Receiving foreclosure notices and cannot afford an attorney? Contact the Save the Dream Ohio Foreclosure Prevention Effort: 888-404-4674

I read John Futty‘s article in The Dispatch this morning about the Order of three Franklin County judges requiring lawyers to verify that all of the documents in residential foreclosure actions are valid.  This comes in response to a national outcry over fraudulent foreclosure filings.  Futty writes: “Six of the lawyers affected by the order are fighting back. They have asked the Ohio Supreme Court to prohibit the judges from requiring them to sign “certifications” on behalf of their clients.”

Common Pleas Judges John F. Bender, Kimberly Cocroft and Guy Reece have issued this Order and are the subject of the suit.  Apparently, Judges Laurel Beatty and David Fais were ready to issue the same Order, but are waiting to see the outcome of the suit.

Cleveland attorney John C. Greiner is representing the six lawyers that filed the lawsuit that, according to Futty’s article, claims the Order will require them to divulge confidential attorney-client privileged information.

What I find interesting is that a Cleveland lawyer, Greiner, is bringing this suit when his home County of Cuyahoga has required foreclosing attorneys to sign a “Certificate of Readiness” since at least 2004.

And, really, what’s the problem with the Certificate of Readiness?  I’m not sure what the Franklin County Judges are ordering, but I imagine it is something similar to Cuyahoga County’s Certificate of Readiness.  If it is, no privileged information is sought and, instead, it is more like having to turn in your High School algebra homework where you have to “show you work” – proving that you applied the correct equations to reach your answer.
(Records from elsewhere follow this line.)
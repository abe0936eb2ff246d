//! The text of a task.

ghost use Rattle.std.specs.Prelude.{◌≡◌, ◌<◌, IfOk, MatchResult, Ok};
ghost use Rattle.html_c.specs.Vocabulary.{options_of, own_context, AllowsContext, context_of, prints_of, ComesToNone, GivesNone, GivesNothing, GivesText, written_in};

use crate::answer::Given;
use crate::fault::CallFault;
use crate::fitted::Fitted;
use crate::input::Input;
use hparse::Options;
use hwrite::{Command, run};
use names::Refusal;
use std::alloc::Global;

/// The text of a task of an input, of which no more is kept than has room.
pub(crate) fn text_of(
    alloc: Global,
    number: u32,
    input: &[u8],
    given: &Given,
    room: usize,
) -> Result<Fitted, CallFault>
    ensures says { MatchResult result (λ text. GivesText number input.now given.now (written_in text))
        (GivesNothing given.now.size (GivesNone number input.now given.now)) }
    ensures room { IfOk result (λ text. text.room ≡ room) }
{
    let settings = given.settings(input)?;
    let command = given.command(number, &settings)?;
    let lists = given.lists(alloc, input)?;
    let options = given.options(&lists, false);
    let text = text_in(alloc, command, input, &options, room);
    drop(lists);
    Ok(text?)
}

/// The text that a command makes of these bytes. As it is kept in memory, a failed write is a lack of memory.
fn text_in(
    alloc: Global,
    command: Command,
    input: &[u8],
    options: &Options,
    room: usize,
) -> Result<Fitted, Refusal>
    requires context { AllowsContext (context_of command.task (own_context command.context)) }
    requires piece { 0 < command.piece }
    ensures says { let prints = prints_of command.entry.escaping command.entry.task (own_context command.entry.context) (options_of options.now) in
        MatchResult result (λ text. prints input.now (Ok (written_in text))) (ComesToNone prints input.now) }
    ensures room { IfOk result (λ text. text.room ≡ room) }
{
    let mut source = Input { rest: input };
    let mut target = Fitted::new(alloc, room);
    match run(alloc, command, options, &mut source, &mut target) {
        Ok(()) => Ok(target),
        Err(refusal) => match refusal {
            Refusal::Write => Err(Refusal::Memory),
            _ => Err(refusal),
        },
    }
}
If you haven’t gathered this already, I have not read the Franklin County Judge’s Order.  This post is simply a reacton to John Futty’s article from the perspective of a lawyer who knows this system well.

At the end of the day, there are two lessons to be learned.  (1)  Lawyers should check their work and the current economic climate and “factory produced foreclosures” give credence to the Order and, (2) Administrative Judge Charles C. Schneider is right that the Order is redundant because Civil Rule 11 already requires lawyers to check their work.  The fact that the two lessons oppose one another begs the question: if all foreclosure attorneys are checking their work, then why does Cuyahoga County have the Certificate of Readiness and why are Franklin County Judges creating their own Orders on this topic?

You can read John Futty’s article, here, and you can consider whether the foreclosure process is spinning out of control.

Supreme Court OK’s Judge’s use of facebook / twitter

You can "like" me now!

On December 3, 2010, the Ohio Supreme Court’s Board of Commissioners on Grievances & Discipline issued an advisory opinion saying that Ohio Judges can have facebook friends and twitter followers that are also attorneys appearing before them in Court.  The Supreme Court’s website issued this release:

In one of the most comprehensive and detailed examinations in the nation, the Supreme Court of Ohio’s disciplinary board has issued an advisory opinion examining the ethical implications of judges using social media sites like Facebook and Twitter.

The opinion from the Board of Commissioners on Grievances & Discipline advises judges that social media use is permitted but must be done with caution, and it offers wide ranging, specific guidance to judges on how to navigate the new waters of social media without violating judicial canons that require judges to avoid even the appearance of bias or impropriety.

“This is a topic of great interest to the legal community because, like the rest of the nation, more judges are experimenting with social media in both their personal and professional lives,” said Jon Marshall, the board’s secretary. “For those judges who choose to use this technology, we hope this opinion gives them practical guidance on how to do so and maintain their obligations under the Code of Judicial Conduct.”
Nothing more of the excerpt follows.